▶ TASK TO CARRY OUT
Find and copy each line in the material below where the string "start" occurs.

▶ DATA RECORDS
-- Opening Marker --

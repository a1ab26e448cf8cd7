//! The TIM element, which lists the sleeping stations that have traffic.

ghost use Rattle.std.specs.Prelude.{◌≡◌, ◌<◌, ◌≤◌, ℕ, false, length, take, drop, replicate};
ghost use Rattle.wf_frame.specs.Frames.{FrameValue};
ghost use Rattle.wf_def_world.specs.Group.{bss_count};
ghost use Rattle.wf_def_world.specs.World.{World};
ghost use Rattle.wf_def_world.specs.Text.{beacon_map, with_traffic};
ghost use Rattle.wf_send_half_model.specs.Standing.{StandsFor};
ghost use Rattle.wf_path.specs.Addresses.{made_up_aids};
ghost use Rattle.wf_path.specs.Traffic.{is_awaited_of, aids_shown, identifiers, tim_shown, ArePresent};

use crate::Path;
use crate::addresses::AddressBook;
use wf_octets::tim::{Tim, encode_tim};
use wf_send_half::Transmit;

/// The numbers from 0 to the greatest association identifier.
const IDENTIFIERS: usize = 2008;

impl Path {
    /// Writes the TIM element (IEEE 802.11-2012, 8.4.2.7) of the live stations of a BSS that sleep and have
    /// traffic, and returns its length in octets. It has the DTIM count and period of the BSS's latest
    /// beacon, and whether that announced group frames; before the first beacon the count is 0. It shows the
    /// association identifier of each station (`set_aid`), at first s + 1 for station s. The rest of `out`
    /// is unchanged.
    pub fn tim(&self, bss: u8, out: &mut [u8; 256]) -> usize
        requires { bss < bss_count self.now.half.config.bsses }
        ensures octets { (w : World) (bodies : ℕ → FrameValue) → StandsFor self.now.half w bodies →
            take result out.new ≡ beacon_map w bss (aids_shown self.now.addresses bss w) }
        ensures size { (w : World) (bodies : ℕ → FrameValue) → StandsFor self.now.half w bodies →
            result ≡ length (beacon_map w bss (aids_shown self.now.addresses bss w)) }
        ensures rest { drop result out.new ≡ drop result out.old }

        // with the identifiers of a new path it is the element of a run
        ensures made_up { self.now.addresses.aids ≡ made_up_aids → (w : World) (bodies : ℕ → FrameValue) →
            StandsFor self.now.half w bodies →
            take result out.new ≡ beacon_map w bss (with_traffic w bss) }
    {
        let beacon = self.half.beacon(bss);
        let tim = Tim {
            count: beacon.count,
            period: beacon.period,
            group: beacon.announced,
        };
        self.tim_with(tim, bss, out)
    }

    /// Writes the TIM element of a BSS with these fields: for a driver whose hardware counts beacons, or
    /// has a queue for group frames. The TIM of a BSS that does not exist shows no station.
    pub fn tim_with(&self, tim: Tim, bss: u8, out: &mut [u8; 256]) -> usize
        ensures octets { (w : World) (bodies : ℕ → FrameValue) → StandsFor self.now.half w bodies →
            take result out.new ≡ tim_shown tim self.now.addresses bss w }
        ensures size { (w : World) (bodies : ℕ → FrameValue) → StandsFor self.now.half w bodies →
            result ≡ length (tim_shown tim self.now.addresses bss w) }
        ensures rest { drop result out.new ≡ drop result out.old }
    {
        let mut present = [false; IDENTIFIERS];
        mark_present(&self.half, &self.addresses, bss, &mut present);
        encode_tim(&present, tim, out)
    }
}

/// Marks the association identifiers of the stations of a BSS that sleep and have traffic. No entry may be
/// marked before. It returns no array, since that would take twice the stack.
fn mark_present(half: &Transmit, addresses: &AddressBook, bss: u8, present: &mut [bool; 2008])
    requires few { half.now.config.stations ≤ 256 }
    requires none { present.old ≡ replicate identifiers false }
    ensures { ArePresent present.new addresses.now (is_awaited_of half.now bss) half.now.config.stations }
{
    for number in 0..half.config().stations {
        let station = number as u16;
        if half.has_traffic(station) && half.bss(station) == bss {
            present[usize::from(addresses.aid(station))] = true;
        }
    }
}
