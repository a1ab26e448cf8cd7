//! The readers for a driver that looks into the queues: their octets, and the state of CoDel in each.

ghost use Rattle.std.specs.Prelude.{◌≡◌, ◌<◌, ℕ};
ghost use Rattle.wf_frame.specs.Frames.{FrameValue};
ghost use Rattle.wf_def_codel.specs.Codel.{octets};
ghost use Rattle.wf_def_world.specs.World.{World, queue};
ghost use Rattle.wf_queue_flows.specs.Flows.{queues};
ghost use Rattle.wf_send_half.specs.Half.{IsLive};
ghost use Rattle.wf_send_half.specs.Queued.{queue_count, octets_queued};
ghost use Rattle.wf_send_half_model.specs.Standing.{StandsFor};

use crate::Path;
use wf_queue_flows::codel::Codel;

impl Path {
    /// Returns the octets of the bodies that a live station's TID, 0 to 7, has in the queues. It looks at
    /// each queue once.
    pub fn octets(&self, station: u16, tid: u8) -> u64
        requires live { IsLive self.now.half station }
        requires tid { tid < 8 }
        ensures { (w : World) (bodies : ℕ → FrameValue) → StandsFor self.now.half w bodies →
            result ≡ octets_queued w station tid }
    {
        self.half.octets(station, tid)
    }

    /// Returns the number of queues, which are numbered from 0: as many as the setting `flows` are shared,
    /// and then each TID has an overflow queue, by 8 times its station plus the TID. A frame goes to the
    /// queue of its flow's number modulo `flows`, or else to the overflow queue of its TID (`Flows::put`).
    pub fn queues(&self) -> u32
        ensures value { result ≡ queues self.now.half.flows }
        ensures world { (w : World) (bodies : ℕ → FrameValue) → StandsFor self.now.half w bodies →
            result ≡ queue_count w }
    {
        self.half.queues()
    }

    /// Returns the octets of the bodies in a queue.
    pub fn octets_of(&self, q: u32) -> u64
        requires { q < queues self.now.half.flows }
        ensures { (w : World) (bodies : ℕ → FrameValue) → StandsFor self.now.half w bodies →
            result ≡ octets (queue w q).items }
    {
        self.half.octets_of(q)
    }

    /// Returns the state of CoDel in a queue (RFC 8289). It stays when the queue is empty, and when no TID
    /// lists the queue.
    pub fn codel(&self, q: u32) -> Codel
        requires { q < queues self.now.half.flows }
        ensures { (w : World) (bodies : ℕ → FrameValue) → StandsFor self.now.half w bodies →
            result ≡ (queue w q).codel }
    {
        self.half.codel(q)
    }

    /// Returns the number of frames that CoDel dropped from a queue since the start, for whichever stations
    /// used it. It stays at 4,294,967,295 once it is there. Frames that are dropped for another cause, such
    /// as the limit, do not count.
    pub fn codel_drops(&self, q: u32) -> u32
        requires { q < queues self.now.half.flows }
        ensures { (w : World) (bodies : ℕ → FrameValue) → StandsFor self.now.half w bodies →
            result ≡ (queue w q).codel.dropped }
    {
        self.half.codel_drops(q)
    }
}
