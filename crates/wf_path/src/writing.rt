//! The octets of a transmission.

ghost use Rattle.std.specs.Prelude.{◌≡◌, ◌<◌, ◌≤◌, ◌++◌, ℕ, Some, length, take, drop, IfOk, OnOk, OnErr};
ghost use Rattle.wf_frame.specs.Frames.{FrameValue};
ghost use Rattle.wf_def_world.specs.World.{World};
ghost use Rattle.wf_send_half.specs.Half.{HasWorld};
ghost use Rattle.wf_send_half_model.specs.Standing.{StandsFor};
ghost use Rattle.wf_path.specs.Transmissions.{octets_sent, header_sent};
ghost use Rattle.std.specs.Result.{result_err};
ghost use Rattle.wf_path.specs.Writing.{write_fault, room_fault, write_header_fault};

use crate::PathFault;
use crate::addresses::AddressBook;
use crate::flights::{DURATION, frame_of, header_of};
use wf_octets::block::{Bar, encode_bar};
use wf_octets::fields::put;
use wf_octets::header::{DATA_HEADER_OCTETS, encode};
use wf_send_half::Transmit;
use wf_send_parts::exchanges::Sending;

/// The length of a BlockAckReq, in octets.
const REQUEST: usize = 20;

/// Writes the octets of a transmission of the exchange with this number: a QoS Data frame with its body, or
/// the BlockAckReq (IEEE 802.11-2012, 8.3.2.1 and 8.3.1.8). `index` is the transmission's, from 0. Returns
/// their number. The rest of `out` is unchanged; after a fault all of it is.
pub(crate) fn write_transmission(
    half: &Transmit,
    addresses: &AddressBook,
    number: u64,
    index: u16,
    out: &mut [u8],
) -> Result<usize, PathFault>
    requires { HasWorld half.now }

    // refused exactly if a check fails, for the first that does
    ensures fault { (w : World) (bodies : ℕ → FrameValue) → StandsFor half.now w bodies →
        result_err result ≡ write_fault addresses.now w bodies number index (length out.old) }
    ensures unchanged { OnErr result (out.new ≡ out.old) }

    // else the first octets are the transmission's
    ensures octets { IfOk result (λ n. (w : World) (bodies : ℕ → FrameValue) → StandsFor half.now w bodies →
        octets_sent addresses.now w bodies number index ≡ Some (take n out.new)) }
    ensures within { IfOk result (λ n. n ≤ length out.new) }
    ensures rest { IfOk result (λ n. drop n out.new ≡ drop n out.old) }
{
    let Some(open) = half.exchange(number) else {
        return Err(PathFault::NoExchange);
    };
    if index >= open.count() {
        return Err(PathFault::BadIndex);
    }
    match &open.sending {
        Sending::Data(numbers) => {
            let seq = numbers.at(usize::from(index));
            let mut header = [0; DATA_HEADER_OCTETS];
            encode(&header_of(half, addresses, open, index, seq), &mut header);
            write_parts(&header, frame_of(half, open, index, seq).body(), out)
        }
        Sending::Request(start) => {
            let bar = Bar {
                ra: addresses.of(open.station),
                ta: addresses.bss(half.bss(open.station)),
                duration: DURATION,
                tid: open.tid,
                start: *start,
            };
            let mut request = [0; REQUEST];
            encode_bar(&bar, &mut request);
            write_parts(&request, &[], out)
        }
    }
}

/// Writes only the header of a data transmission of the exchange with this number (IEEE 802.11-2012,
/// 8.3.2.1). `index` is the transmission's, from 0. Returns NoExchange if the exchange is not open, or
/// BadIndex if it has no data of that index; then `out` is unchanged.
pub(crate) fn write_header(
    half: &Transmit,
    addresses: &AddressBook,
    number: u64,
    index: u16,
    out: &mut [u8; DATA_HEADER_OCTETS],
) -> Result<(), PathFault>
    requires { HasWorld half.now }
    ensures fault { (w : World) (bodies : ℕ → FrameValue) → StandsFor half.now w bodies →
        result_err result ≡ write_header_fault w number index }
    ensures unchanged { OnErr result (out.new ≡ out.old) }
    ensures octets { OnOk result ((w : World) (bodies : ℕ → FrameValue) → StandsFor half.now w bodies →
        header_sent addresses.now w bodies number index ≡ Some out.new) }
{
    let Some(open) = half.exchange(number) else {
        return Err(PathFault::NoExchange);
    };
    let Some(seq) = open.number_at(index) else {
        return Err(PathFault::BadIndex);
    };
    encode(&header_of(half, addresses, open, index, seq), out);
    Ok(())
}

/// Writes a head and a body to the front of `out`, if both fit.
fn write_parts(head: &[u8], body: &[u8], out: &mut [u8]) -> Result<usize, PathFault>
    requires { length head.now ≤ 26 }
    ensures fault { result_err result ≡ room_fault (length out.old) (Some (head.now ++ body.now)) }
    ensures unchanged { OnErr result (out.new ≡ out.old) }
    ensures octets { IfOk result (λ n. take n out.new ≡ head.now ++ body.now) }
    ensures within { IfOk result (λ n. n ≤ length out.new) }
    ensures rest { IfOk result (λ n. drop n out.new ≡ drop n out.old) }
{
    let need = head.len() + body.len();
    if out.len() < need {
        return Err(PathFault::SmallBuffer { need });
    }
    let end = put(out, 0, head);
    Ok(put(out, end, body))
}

-- Closing Marker --

▶ RESPONSE TO THIS EXERCISE
    /// Returns the number of frames that CoDel dropped from a queue since the start, for whichever stations
        Sending::Request(start) => {
                start: *start,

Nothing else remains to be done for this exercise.